*** RECORDS SUPPLIED ***

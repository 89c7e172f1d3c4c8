//! From lists to their bytes.

ghost use Rattle.std.specs.Prelude.{◌≡◌, ◌+◌, ◌^◌, ◌<◌, ◌≤◌, ◌++◌, ℕ, List, length, take, OnOk, OnErr, IfErr, vec_len, vec_capacity};
ghost use Rattle.bitpacking.specs.Bits.{AreBytes};
ghost use Rattle.bitpacking.specs.Calls.{CanPack};
ghost use Rattle.bitpacking.specs.Width.{IsWidth};
ghost use Rattle.bitpack_lists.specs.inner.Appending.{HasAppended};
ghost use Rattle.bitpack_lists.specs.Chains.{LeastWidths};
ghost use Rattle.bitpack_lists.specs.Parts.{whole_blocks};
ghost use Rattle.bitpack_lists.specs.Version1.{Blocks1, IsPart1, List1};

use crate::blocks::measuring::{CACHED_WIDTHS, encoding_len, width_of};
use crate::header::{Header, LONGEST_LIST};
use crate::list_error::ListError;
use crate::list_kind::{ListKind, next_kind};
use crate::numbers::write_all;
use crate::reserved::append;
use bitpacking::{BitPacker, Kind, MAX_BLOCK_SIZE};

/// Appends the encoded list of the values. They may be in any order, whatever the kind.
///
/// A list has at most 268,435,456 values. The vector grows at most once.
pub fn encode<P: BitPacker>(
    packer: &P,
    kind: ListKind,
    values: &[u32],
    out: &mut Vec<u8>,
) -> Result<(), ListError>
    // What is appended is the encoded list of the values.
    // claim: lists/1-2 version 1: appends the encoded list, or fails with `TooLong`, `Memory`
    ensures ok { OnOk result ((encoding : List ℕ) × AreBytes encoding × List1 P.lanes kind values.now encoding
        × (out.new.items ≡ out.old.items ++ encoding)) }
    // Too many values are refused as such, and others only if memory runs out.
    ensures long { 2 ^ 28 < length values.now → result ≡ Err (ListError.TooLong (length values.now)) }
    ensures memory { length values.now ≤ 2 ^ 28 → IfErr result (λ e. e ≡ ListError.Memory) }
    // Memory runs out only if the vector has no room for the encoded list.
    ensures room { length values.now ≤ 2 ^ 28 → OnErr result ((encoding : List ℕ) → List1 P.lanes kind values.now encoding
        → vec_capacity out.old < vec_len out.old + length encoding) }
    ensures unchanged { OnErr result (out.new.items ≡ out.old.items) }
    ensures capacity { OnErr result (vec_capacity out.new ≡ vec_capacity out.old) }
{
    if values.len() > LONGEST_LIST {
        return Err(ListError::TooLong(values.len()));
    }
    let mut widths = [0; CACHED_WIDTHS];
    if out
        .reserve(encoding_len(packer, kind, values, &mut widths))
        .is_err()
    {
        return Err(ListError::Memory);
    }
    let count = values.len();
    Header { kind, count }.write(1, P::BLOCK_LEN / 32, out);
    write_blocks(packer, kind.first(), values, &widths, out);
    Ok(())
}

/// Appends the blocks and the tail of the values. There is room for them. The widths are the cached ones.
fn write_blocks<P: BitPacker>(
    packer: &P,
    kind: Kind,
    values: &[u32],
    widths: &[u8],
    out: &mut Vec<u8>,
)
    requires widths { LeastWidths P.lanes kind values.now
        (take (whole_blocks P.lanes (length values.now)) widths.now) }
    requires room { (encoding : List ℕ) → Blocks1 P.lanes (whole_blocks P.lanes (length values.now)) kind values.now encoding
        → vec_len out.old + length encoding ≤ vec_capacity out.old }
    ensures { (encoding : List ℕ) → AreBytes encoding
        → Blocks1 P.lanes (whole_blocks P.lanes (length values.now)) kind values.now encoding
        → out.new.items ≡ out.old.items ++ encoding }
{
    let len = P::BLOCK_LEN;
    let blocks = values.len() / len;
    let mut kind = kind;
    let mut rest = values;
    let mut body = [0; MAX_BLOCK_SIZE];
    for index in 0..blocks {
        let (block, after) = rest.split_at(len);
        let width = width_of(packer, kind, block, widths, index);
        write_block(packer, kind, block, width, &mut body, out);
        kind = next_kind(kind, block[len - 1]);
        rest = after;
    }
    write_all(rest, out);
}

/// Appends the width of a block, which is its least, and the bytes that hold it. There is room for them. They are packed
/// in `body`.
fn write_block<P: BitPacker>(
    packer: &P,
    kind: Kind,
    block: &[u32],
    width: u8,
    body: &mut [u8],
    out: &mut Vec<u8>,
)
    requires pack { CanPack P.lanes width kind block.now body.old }
    requires width { IsWidth kind block.now width }
    requires room { (part : List ℕ) → IsPart1 P.lanes kind block.now part
        → vec_len out.old + length part ≤ vec_capacity out.old }
    ensures part { (part : List ℕ) × AreBytes part × IsPart1 P.lanes kind block.now part
        × HasAppended out.old out.new part }
{
    let size = packer.compress_kind(kind, block, body, width);
    append(out, &[width]);
    append(out, &body[..size]);
}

*** End of RECORDS SUPPLIED ***

● WHAT YOU NEED TO DO: Look above for the line that contains "whatever the kind.". Starting there, transcribe every line exactly until you have copied the line that contains "out.old.items ++ encoding))".

● EXERCISE ANSWER:
/// Appends the encoded list of the values. They may be in any order, whatever the kind.
///
/// A list has at most 268,435,456 values. The vector grows at most once.
pub fn encode<P: BitPacker>(
    packer: &P,
    kind: ListKind,
    values: &[u32],
    out: &mut Vec<u8>,
) -> Result<(), ListError>
    // What is appended is the encoded list of the values.
    // claim: lists/1-2 version 1: appends the encoded list, or fails with `TooLong`, `Memory`
    ensures ok { OnOk result ((encoding : List ℕ) × AreBytes encoding × List1 P.lanes kind values.now encoding
        × (out.new.items ≡ out.old.items ++ encoding)) }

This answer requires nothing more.